Give back exactly the lines of the material below that start at the line containing "words_say_once();" and end at the line containing "filename crates/lower_expr/src/scopes.rt", and no others.
*** Begin section ***
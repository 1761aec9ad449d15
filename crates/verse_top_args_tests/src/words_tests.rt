//! Tests of the words of a command line.

ghost use Rattle.std.specs.Prelude.{ℤ, List, option_copied};
ghost use Rattle.verse_top_args.specs.Words.{Inputs};

use crate::fitting::are_a_command;
use std::alloc::{AllocError, Global};
use std::test::Fail;
use verse_base::refusals::Memory;
use verse_base::texts::decimal;
use verse_top_args::commands::{Request, Resuming, Running, find_request, words_say_once};

// the words, then a bar and what they ask for: the command and its files; of a run the steps, the
// horizon, whether the heap is written, and the ints of `--in`, or `-` where it is not given; of a
// saved run the horizon and whether the heap is written; `none` where they are no command. `''`
// stands for the empty word, `COUNT*` for a list of that many zeros.
const CASES: &str = "| none
run | none
run a.verse | run a.verse 10000000 1000000000000 - -
exec a.verse | exec a.verse 10000000 1000000000000 - -
exec | none
exec -x | none
exec a b | none
exec --heap a | none
exec a --heap b | none
exec a --steps 5 --in 1,-2 --heap --until 7 | exec a 5 7 heap 1,-2
exec a --steps 5 --steps 5 | none
save a.image | save a.image 10000000 1000000000000 - -
save a --until 7 --in 1,-2 --steps 5 | save a 5 7 - 1,-2
save a --heap | none
save a --steps 5 --heap | none
save a b | none
save | none
save -x | none
save a --until 7 --until 7 | none
save a --in 1,,2 | none
exec a --in 1,,2 | none
exec a --until 1000000000001 | none
check a.verse | check a.verse
build a.verse | build a.verse
build a b | build a,b
build | none
build a --heap | none
note a.verse | note a.verse
note a b | note a,b
note | none
note a --heap | none
--help | none
--version | none
run '' | none
run -x | none
run - | none
run -- a | none
run x- | run x- 10000000 1000000000000 - -
Run a | none
run a b | run a,b 10000000 1000000000000 - -
run --heap a | none
run a.verse --steps 1 --steps 2 | none
run a.verse --until 1 --until 1 | none
run a.verse --in 1 --in 1 | none
run a.verse --heap --heap | none
run a --steps 1 --until 2 --steps 3 | none
run a --steps 0 | run a 0 1000000000000 - -
run a --steps 00 | none
run a --steps 01 | none
run a --steps +1 | none
run a --steps -1 | none
run a --steps -0 | none
run a --steps 1_000 | none
run a --steps 0x1 | none
run a --steps '' | none
run a --steps | none
run a --steps 100000000 | run a 100000000 1000000000000 - -
run a --steps 100000001 | none
run a --steps 18446744073709551616 | none
run a --steps 99999999999999999999999999999999 | none
run a --until 0 | run a 10000000 0 - -
run a --until 1000000000000 | run a 10000000 1000000000000 - -
run a --until 1000000000001 | none
run a --until 012 | none
run a --until | none
run a --heap | run a 10000000 1000000000000 heap -
run a --heap 1 | none
run a --heap --steps 7 --in 3 --until 9 | run a 7 9 heap 3
run a --in 1,2,3 --heap | run a 10000000 1000000000000 heap 1,2,3
run a --in -5,0,5 | run a 10000000 1000000000000 - -5,0,5
run a --in 9223372036854775807,-9223372036854775808 | run a 10000000 1000000000000 - 9223372036854775807,-9223372036854775808
run a --in 9223372036854775808 | none
run a --in -9223372036854775809 | none
run a --in 1,,2 | none
run a --in ,1 | none
run a --in 1, | none
run a --in , | none
run a --in '' | none
run a --in -0 | none
run a --in 00 | none
run a --in 1,-01 | none
run a --in --1 | none
run a --in - | none
run a --in +1 | none
run a --in 1.5 | none
run a --in | none
run a --in --heap | none
run a --in 1000* | run a 10000000 1000000000000 - 1000*
run a --in 1001* | none
run --steps --steps 5 | none
run a --step 5 | none
run a --steps=5 | none
run a '' | none
check a b | check a,b
check | none
check -x | none
check a --heap | none
run a b --heap | run a,b 10000000 1000000000000 heap -
run a --heap b | none
run a b --steps 5 c | none
check a '' | none
run a b c d e f g h i j k l m n o p | run a,b,c,d,e,f,g,h,i,j,k,l,m,n,o,p 10000000 1000000000000 - -
run a b c d e f g h i j k l m n o p q | none
check a b c d e f g h i j k l m n o p | check a,b,c,d,e,f,g,h,i,j,k,l,m,n,o,p
check a b c d e f g h i j k l m n o p q | none
Check a | none
list a.image | list a.image
list | none
list -x | none
list '' | none
list a b | none
list a --heap | none
List a | none
assemble a.txt | assemble a.txt
assemble | none
assemble a b | none
assemble a --steps 5 | none
verify a.image a.notes | verify a.image,a.notes
verify | none
verify a | none
verify a b c | none
verify a b --heap | none
verify a -x | none
load 2 | load 2
load 5 | load 5
load 1000 | load 1000
load | none
load 1 | none
load 0 | none
load 1001 | none
load 02 | none
load +2 | none
load -2 | none
load 2 2 | none
load a | none
load 2 --heap | none
resume a | resume a 1000000000000 -
resume a --until 7 | resume a 7 -
resume a --heap --until 0 | resume a 0 heap
resume a --until 1000000000000 --heap | resume a 1000000000000 heap
resume a --until 1000000000001 | none
resume a --until 07 | none
resume a --heap --heap | none
resume a --until 1 --until 1 | none
resume a --steps 5 | none
resume a --in 1 | none
resume a --until 7 --steps 5 | none
resume a --in 1 --heap | none
resume a b | none
resume --heap a | none
resume -x | none
resume | none
Resume a | none";

fn zeros(alloc: Global, count: u64) -> Result<String, AllocError> {
    let mut text = String::from_str(alloc, "0")?;
    for _turn in 1..count {
        text.push_str(",0")?;
    }
    Ok(text)
}

fn plain(alloc: Global, word: &str) -> Result<String, AllocError> {
    if word == "''" {
        return Ok(String::new(alloc));
    }
    if let Some(count) = word.strip_suffix('*')
        && let Ok(count) = count.parse::<u64>()
    {
        return zeros(alloc, count);
    }
    String::from_str(alloc, word)
}

fn words_of(alloc: Global, text: &str) -> Result<Vec<String>, AllocError> {
    let mut words = Vec::new(alloc);
    for word in text.split_whitespace() {
        words.push(plain(alloc, word)?)?;
    }
    Ok(words)
}

// with this between two of them
fn joined(alloc: Global, words: &[String], between: &str) -> Result<String, AllocError> {
    let mut text = String::new(alloc);
    for word in words {
        if !text.is_empty() {
            text.push_str(between)?;
        }
        text.push_str(word.as_str())?;
    }
    Ok(text)
}

// the ints with commas between them
fn listed(alloc: Global, ints: &[i64]) -> Result<Vec<u8>, Memory> {
    let mut text = Vec::new(alloc);
    for int in ints {
        if !text.is_empty() {
            text.push(b',')?;
        }
        decimal(*int, &mut text)?;
    }
    Ok(text)
}

fn heap_of(is_written: bool) -> &'static str {
    if is_written { "heap" } else { "-" }
}

// what `Main` is given
fn inputs_of(alloc: Global, running: Running<'_>) -> Result<String, Fail>
    requires { (ns : List ℤ) × Inputs (option_copied running.inputs) ns }
{
    if running.inputs.is_none() {
        return Ok(String::from_str(alloc, "-")?);
    }
    let ints = running.ints(alloc).map_err(|_| "memory")?;
    let text = listed(alloc, &ints).map_err(|_| "memory")?;
    Ok(String::from_utf8(text).map_err(|_| "a text")?)
}

fn run_told(alloc: Global, command: &str, running: Running<'_>) -> Result<String, Fail>
    requires { (ns : List ℤ) × Inputs (option_copied running.inputs) ns }
{
    let files = joined(alloc, running.files, ",")?;
    let inputs = inputs_of(alloc, running)?;
    let heap = heap_of(running.heap);
    let Running { steps, until, .. } = running;
    Ok(format!(in alloc; "{command} {files} {steps} {until} {heap} {inputs}")?)
}

fn resume_told(alloc: Global, resuming: Resuming<'_>) -> Result<String, Fail> {
    let files = joined(alloc, resuming.files, ",")?;
    let heap = heap_of(resuming.heap);
    let until = resuming.until;
    Ok(format!(in alloc; "resume {files} {until} {heap}")?)
}

fn files_told(alloc: Global, command: &str, files: &[String]) -> Result<String, Fail> {
    let files = joined(alloc, files, ",")?;
    Ok(format!(in alloc; "{command} {files}")?)
}

fn request_told(alloc: Global, words: &[String]) -> Result<String, Fail> {
    let Some(request) = find_request(words) else {
        return Ok(String::from_str(alloc, "none")?);
    };
    match request {
        Request::Run(running) => run_told(alloc, "run", running),
        Request::Exec(running) => run_told(alloc, "exec", running),
        Request::Save(running) => run_told(alloc, "save", running),
        Request::Resume(resuming) => resume_told(alloc, resuming),
        Request::Check(files) => files_told(alloc, "check", files),
        Request::Build(files) => files_told(alloc, "build", files),
        Request::Note(files) => files_told(alloc, "note", files),
        Request::List(files) => files_told(alloc, "list", files),
        Request::Assemble(files) => files_told(alloc, "assemble", files),
        Request::Verify(files) => files_told(alloc, "verify", files),
        Request::Load(functions) => Ok(format!(in alloc; "load {functions}")?),
    }
}

#[test]
fn words_are_read(rt: HostRuntime) -> Result<(), Fail> {
    let alloc = rt.alloc();
    let mut count = 0u64;
    for line in CASES.lines() {
        let (text, expected) = line.split_once('|').ok_or("words and an answer")?;
        let words = words_of(alloc, text)?;
        let expected = joined(alloc, &words_of(alloc, expected)?, " ")?;
        let told = request_told(alloc, &words)?;
        assert_eq!(rt; told.as_str(), expected.as_str(), "{line}");
        assert_eq!(rt;
            are_a_command(&words),
            expected.as_str() != "none",
            "{line}"
        );
        count = count.saturating_add(1);
    }
    assert_eq!(rt; count, 153);
    words_say_once();
    Ok(())
}
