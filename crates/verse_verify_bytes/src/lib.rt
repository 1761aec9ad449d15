//! Notes as bytes: definitions and laws alone.
//!
//! In `specs/`: `Bytes`, the bytes of notes; `Suits`, which notes suit a code; `Laws`. In proofs:
//! `Numbers`, `Lists`, `Sorts` and `Back`, what is written is read; `Once` and `Spelling`, what is
//! read is written so.
#![tactic(auto)]

ghost use Rattle.verse_verify_bytes.specs.Laws.{ReadIsWritten, WrittenIsRead};

/// Notes that suit a valid code are read back from their bytes, and nothing stands behind them.
pub fn written_is_read()
    ensures { WrittenIsRead }
{}

/// Bytes that are read as notes are the bytes of these notes: notes have one spelling.
pub fn read_is_written()
    ensures { ReadIsWritten }
{}
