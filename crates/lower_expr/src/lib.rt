//! The code so far, and what adds to it the operations that stand behind the parts of a form.
//!
//! To be read in this order: `builder`, the code so far; `scopes`, the locals of a frame and what
//! names stand for; `endings`, what stands behind the parts of a form; `applied`, the ending of an
//! action on its operands.
//!
//! Each call says what it makes of the code by a function of `specs/Building`. Where it adds a
//! whole stretch of the definition of code, it says so by `made`: the code with what a maker adds.
//!
//! The public lemmas, which crates above cite: `proofs/Laws`, what `made` of each combinator is;
//! `proofs/Closing`, of a loop; `proofs/Scoping`, of scopes; `proofs/Whole`, of a whole code.
#![tactic(auto)]

pub mod applied;
pub mod builder;
pub mod endings;
pub mod scopes;
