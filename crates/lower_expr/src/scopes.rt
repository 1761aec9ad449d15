//! The locals of a frame, and what names stand for.

ghost use Rattle.std.specs.Prelude.{◌≡◌, ◌∷◌, [], length, OnOk, IfOk, option_map};
ghost use Rattle.lower_code.specs.Scopes as s;
ghost use Rattle.lower_expr.specs.Locals.{scope_of, slot_of, found_of, found_in, cut_to};

use lower_lookup::names::is_same_name;
use std::alloc::Global;
use verse_base::limits::MOST_OPERATIONS;
use verse_base::refusals::Memory;

/// A local of the frame.
#[derive(Clone, Copy)]
pub enum Slot<'a> {
    /// The value of a name.
    Constant(&'a [u8]),
    /// The cell of a variable.
    Variable(&'a [u8]),
    /// What no name stands for.
    Hidden,
}

/// What a name stands for.
#[derive(Clone, Copy, Debug, PartialEq, Eq)]
pub enum Found {
    /// The value in this local.
    Fixed(u32),
    /// The variable whose cell is in this local.
    Varies(u32),
    /// No local.
    Absent,
}

/// The locals that there are.
#[derive(Drop)]
pub struct Scopes<'a> {
    /// The oldest first: the number of a slot is that of its local.
    slots: Vec<Slot<'a>>,
}

/// What a name stands for where this slot is in the local of this number, and it stands for that.
fn found_in(slot: Slot<'_>, name: &[u8], local: u32) -> Option<Found>
    ensures { option_map found_of result ≡ found_in name.now (slot_of slot.entry) local }
{
    match slot {
        Slot::Constant(other) if is_same_name(name, other) => Some(Found::Fixed(local)),
        Slot::Variable(other) if is_same_name(name, other) => Some(Found::Varies(local)),
        _ => None,
    }
}

impl<'a> Scopes<'a> {
    /// No locals. Takes no memory.
    pub fn new(alloc: Global) -> Scopes<'a>
        ensures { scope_of result ≡ [] }
    {
        Scopes {
            slots: Vec::new(alloc),
        }
    }

    /// One more local.
    #[tactic(auto, using(crate::proofs::Scoping::scope_more))]
    pub fn add(&mut self, slot: Slot<'a>) -> Result<(), Memory>
        ensures { OnOk result (scope_of self.new ≡ slot_of slot.entry ∷ scope_of self.old) }
    {
        self.slots.push(slot)?;
        Ok(())
    }

    /// How many locals there are.
    #[tactic(auto, using(crate::proofs::Scoping::scope_length))]
    pub fn count(&self) -> Result<u32, Memory>
        ensures { IfOk result (λ n. n ≡ length (scope_of self.now)) }
    {
        if self.slots.len() > MOST_OPERATIONS {
            return Err(Memory);
        }
        Ok(self.slots.len() as u32)
    }

    /// Only the first locals are left, so many.
    #[tactic(auto, using(crate::proofs::Scoping::scope_more, crate::proofs::Scoping::scope_length, crate::proofs::Scoping::cut_last, crate::proofs::Scoping::cut_none))]
    pub fn cut(&mut self, count: u32)
        ensures { scope_of self.new ≡ cut_to count (scope_of self.old) }
    {
        'slots: while self.slots.len() > count as usize {
            let _ = self.slots.pop();
        }
    }

    /// What a name stands for: the newest of its locals.
    pub fn find(&self, name: &[u8]) -> Result<Found, Memory>
        ensures { IfOk result (λ found. found_of found ≡ s.find name.now (scope_of self.now)) }
    {
        let mut left = self.count()?;
        'slots: while left > 0 {
            left -= 1;
            if let Some(found) = found_in(self.slots[left as usize], name, left) {
                return Ok(found);
            }
        }
        Ok(Found::Absent)
    }

    /// What `Self` stands for.
    pub fn this(&self) -> Result<Found, Memory>
        ensures { IfOk result (λ found. found_of found ≡ s.this_found (scope_of self.now)) }
    {
        self.find(b"Self")
    }
}
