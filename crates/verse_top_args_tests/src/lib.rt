//! The tests of the words of a command line.
//!
//! To be read in this order: `fitting`, whether words are a command; `words_tests`.
#![tactic(auto)]

pub mod fitting;
#[cfg(test)]
mod words_tests;
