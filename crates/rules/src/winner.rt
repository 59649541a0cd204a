// Which rule of a table wins.

ghost use Rattle.std.specs.Prelude.{◌≡◌, ◌<◌};
ghost use Rattle.type_nodes.specs.Stands.{NodesStand};
ghost use Rattle.rules.specs.Rules.{matches, winner};
ghost use Rattle.rules.specs.Seen.{seen};
ghost use Rattle.rules.specs.Overlaps.{rule};
ghost use Rattle.rules.specs.RowSeen.{OfNodes};
ghost use Rattle.rules.specs.TableStands.{OfTable, winner_of};

use crate::matching::rule_matches;
use crate::row_text::RowText;
use crate::table::{AT_ITEMS, RuleTable};

impl RuleTable<'_> {
    // The rule at a place matches all top-level nodes of a tree.
    fn place_matches(&self, place: usize, row: &RowText<'_>, tree: &[u32], nodes: usize) -> bool
        requires { (place < self.now.count) × NodesStand tree.now row.now.kinds.now 0 nodes }
        ensures { OfNodes row.now.file.now row.now.kinds.now row.now.places.now tree.now 0 nodes (λ ts x. OfTable self.now.bytes.now (λ rs. result ≡ matches (rule rs place) (seen ts x))) }
    {
        let end = self.starts[place + 1];
        let begin = self.starts[place] + AT_ITEMS;
        rule_matches(self.bytes, end, begin, row, tree, nodes)
    }

    // The first rule that matches all top-level nodes of a tree.
    pub fn find_winner(&self, row: &RowText<'_>, tree: &[u32], nodes: usize) -> Option<usize>
        requires { NodesStand tree.now row.now.kinds.now 0 nodes }
        ensures { OfNodes row.now.file.now row.now.kinds.now row.now.places.now tree.now 0 nodes (λ ts x. OfTable self.now.bytes.now (λ rs. winner_of result ≡ winner rs (seen ts x))) }
    {
        for place in 0..self.count {
            if self.place_matches(place, row, tree, nodes) {
                return Some(place);
            }
        }
        None
    }
}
*** End section ***
## [ANSWER FOR THIS EXERCISE]
    words_say_once();
    Ok(())
}
filename crates/verse_verify_bytes/src/lib.rt
repository 1761aec9ad449d15
//! Notes as bytes: definitions and laws alone.
//!
//! In `specs/`: `Bytes`, the bytes of notes; `Suits`, which notes suit a code; `Laws`. In proofs:
//! `Numbers`, `Lists`, `Sorts` and `Back`, what is written is read; `Once` and `Spelling`, what is
//! read is written so.
#![tactic(auto)]

ghost use Rattle.verse_verify_bytes.specs.Laws.{ReadIsWritten, WrittenIsRead};

/// Notes that suit a valid code are read back from their bytes, and nothing stands behind them.
pub fn written_is_read()
    ensures { WrittenIsRead }
{}

/// Bytes that are read as notes are the bytes of these notes: notes have one spelling.
pub fn read_is_written()
    ensures { ReadIsWritten }
{}
filename crates/lower_expr/src/lib.rt
//! The code so far, and what adds to it the operations that stand behind the parts of a form.
//!
//! To be read in this order: `builder`, the code so far; `scopes`, the locals of a frame and what
//! names stand for; `endings`, what stands behind the parts of a form; `applied`, the ending of an
//! action on its operands.
//!
//! Each call says what it makes of the code by a function of `specs/Building`. Where it adds a
//! whole stretch of the definition of code, it says so by `made`: the code with what a maker adds.
//!
//! The public lemmas, which crates above cite: `proofs/Laws`, what `made` of each combinator is;
//! `proofs/Closing`, of a loop; `proofs/Scoping`, of scopes; `proofs/Whole`, of a whole code.
#![tactic(auto)]

pub mod applied;
pub mod builder;
pub mod endings;
pub mod scopes;
filename crates/lower_expr/src/scopes.rt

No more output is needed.